Two lines in the data below mark the range: the one with "const MAX_SIZE: u16 = 64;" and the one with "Port::Next => (switch". Return both, along with every line between them, exactly.

──────

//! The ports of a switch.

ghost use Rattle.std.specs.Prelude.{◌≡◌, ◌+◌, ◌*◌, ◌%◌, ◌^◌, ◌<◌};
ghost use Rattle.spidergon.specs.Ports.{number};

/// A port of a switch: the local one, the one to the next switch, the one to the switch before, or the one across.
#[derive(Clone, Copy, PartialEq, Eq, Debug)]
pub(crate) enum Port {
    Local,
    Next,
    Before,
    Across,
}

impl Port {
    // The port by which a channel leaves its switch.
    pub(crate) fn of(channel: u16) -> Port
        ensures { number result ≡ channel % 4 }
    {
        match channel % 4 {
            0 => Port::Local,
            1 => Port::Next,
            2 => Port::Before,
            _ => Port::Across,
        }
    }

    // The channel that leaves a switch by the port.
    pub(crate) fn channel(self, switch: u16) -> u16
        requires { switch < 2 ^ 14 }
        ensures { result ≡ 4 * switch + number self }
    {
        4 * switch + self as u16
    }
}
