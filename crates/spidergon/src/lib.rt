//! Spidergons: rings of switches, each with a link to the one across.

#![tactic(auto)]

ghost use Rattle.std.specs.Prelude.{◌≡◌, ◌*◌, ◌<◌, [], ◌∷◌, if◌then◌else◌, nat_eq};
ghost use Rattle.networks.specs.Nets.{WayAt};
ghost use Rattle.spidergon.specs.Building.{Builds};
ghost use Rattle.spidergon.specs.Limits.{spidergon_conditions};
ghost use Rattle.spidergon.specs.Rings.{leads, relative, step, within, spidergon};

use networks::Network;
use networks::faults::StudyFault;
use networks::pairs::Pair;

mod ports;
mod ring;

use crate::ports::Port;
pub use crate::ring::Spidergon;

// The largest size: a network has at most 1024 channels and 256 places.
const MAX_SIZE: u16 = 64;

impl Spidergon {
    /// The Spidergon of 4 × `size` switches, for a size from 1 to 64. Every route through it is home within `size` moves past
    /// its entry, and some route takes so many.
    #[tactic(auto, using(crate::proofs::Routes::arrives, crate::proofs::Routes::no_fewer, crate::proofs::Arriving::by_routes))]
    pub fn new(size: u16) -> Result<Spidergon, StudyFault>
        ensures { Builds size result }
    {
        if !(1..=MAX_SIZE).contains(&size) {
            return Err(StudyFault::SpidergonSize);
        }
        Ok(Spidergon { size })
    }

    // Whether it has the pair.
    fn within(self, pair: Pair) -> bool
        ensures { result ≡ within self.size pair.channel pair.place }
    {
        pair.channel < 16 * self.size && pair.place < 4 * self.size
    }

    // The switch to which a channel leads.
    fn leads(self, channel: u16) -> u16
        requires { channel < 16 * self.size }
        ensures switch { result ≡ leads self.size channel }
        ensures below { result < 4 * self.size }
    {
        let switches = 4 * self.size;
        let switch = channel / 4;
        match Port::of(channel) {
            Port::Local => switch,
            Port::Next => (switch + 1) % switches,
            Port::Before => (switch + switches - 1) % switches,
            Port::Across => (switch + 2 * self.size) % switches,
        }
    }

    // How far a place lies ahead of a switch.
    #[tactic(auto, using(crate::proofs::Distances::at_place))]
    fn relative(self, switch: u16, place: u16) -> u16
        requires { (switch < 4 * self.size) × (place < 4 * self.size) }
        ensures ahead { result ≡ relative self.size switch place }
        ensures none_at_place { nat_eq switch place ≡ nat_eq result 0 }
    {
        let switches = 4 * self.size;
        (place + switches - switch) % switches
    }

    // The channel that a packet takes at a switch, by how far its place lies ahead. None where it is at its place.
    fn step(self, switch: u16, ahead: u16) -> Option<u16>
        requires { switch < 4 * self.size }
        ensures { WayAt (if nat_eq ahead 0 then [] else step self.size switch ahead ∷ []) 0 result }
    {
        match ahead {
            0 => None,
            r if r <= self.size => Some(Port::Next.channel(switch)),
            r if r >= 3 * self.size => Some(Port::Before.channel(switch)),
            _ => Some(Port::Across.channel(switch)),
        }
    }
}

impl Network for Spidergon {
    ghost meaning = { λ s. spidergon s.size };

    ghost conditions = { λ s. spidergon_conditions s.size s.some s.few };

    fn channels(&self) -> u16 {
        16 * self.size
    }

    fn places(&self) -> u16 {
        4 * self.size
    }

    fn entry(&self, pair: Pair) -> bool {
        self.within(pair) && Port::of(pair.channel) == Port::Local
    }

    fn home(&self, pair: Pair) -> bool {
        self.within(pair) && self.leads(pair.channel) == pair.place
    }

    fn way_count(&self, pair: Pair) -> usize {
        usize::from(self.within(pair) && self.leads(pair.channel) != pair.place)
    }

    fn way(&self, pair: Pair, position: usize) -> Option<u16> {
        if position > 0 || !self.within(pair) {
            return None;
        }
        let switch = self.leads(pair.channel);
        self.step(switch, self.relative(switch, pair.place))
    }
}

──────

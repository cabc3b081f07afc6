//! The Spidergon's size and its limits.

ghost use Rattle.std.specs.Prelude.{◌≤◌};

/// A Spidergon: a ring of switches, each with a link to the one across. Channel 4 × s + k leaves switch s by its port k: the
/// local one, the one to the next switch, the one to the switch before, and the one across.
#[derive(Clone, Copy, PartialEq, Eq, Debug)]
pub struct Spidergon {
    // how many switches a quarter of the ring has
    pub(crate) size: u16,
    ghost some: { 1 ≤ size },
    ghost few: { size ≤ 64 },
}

──────

RESPONSE TO THIS TASK:
const MAX_SIZE: u16 = 64;

impl Spidergon {
    /// The Spidergon of 4 × `size` switches, for a size from 1 to 64. Every route through it is home within `size` moves past
    /// its entry, and some route takes so many.
    #[tactic(auto, using(crate::proofs::Routes::arrives, crate::proofs::Routes::no_fewer, crate::proofs::Arriving::by_routes))]
    pub fn new(size: u16) -> Result<Spidergon, StudyFault>
        ensures { Builds size result }
    {
        if !(1..=MAX_SIZE).contains(&size) {
            return Err(StudyFault::SpidergonSize);
        }
        Ok(Spidergon { size })
    }

    // Whether it has the pair.
    fn within(self, pair: Pair) -> bool
        ensures { result ≡ within self.size pair.channel pair.place }
    {
        pair.channel < 16 * self.size && pair.place < 4 * self.size
    }

    // The switch to which a channel leads.
    fn leads(self, channel: u16) -> u16
        requires { channel < 16 * self.size }
        ensures switch { result ≡ leads self.size channel }
        ensures below { result < 4 * self.size }
    {
        let switches = 4 * self.size;
        let switch = channel / 4;
        match Port::of(channel) {
            Port::Local => switch,
            Port::Next => (switch + 1) % switches,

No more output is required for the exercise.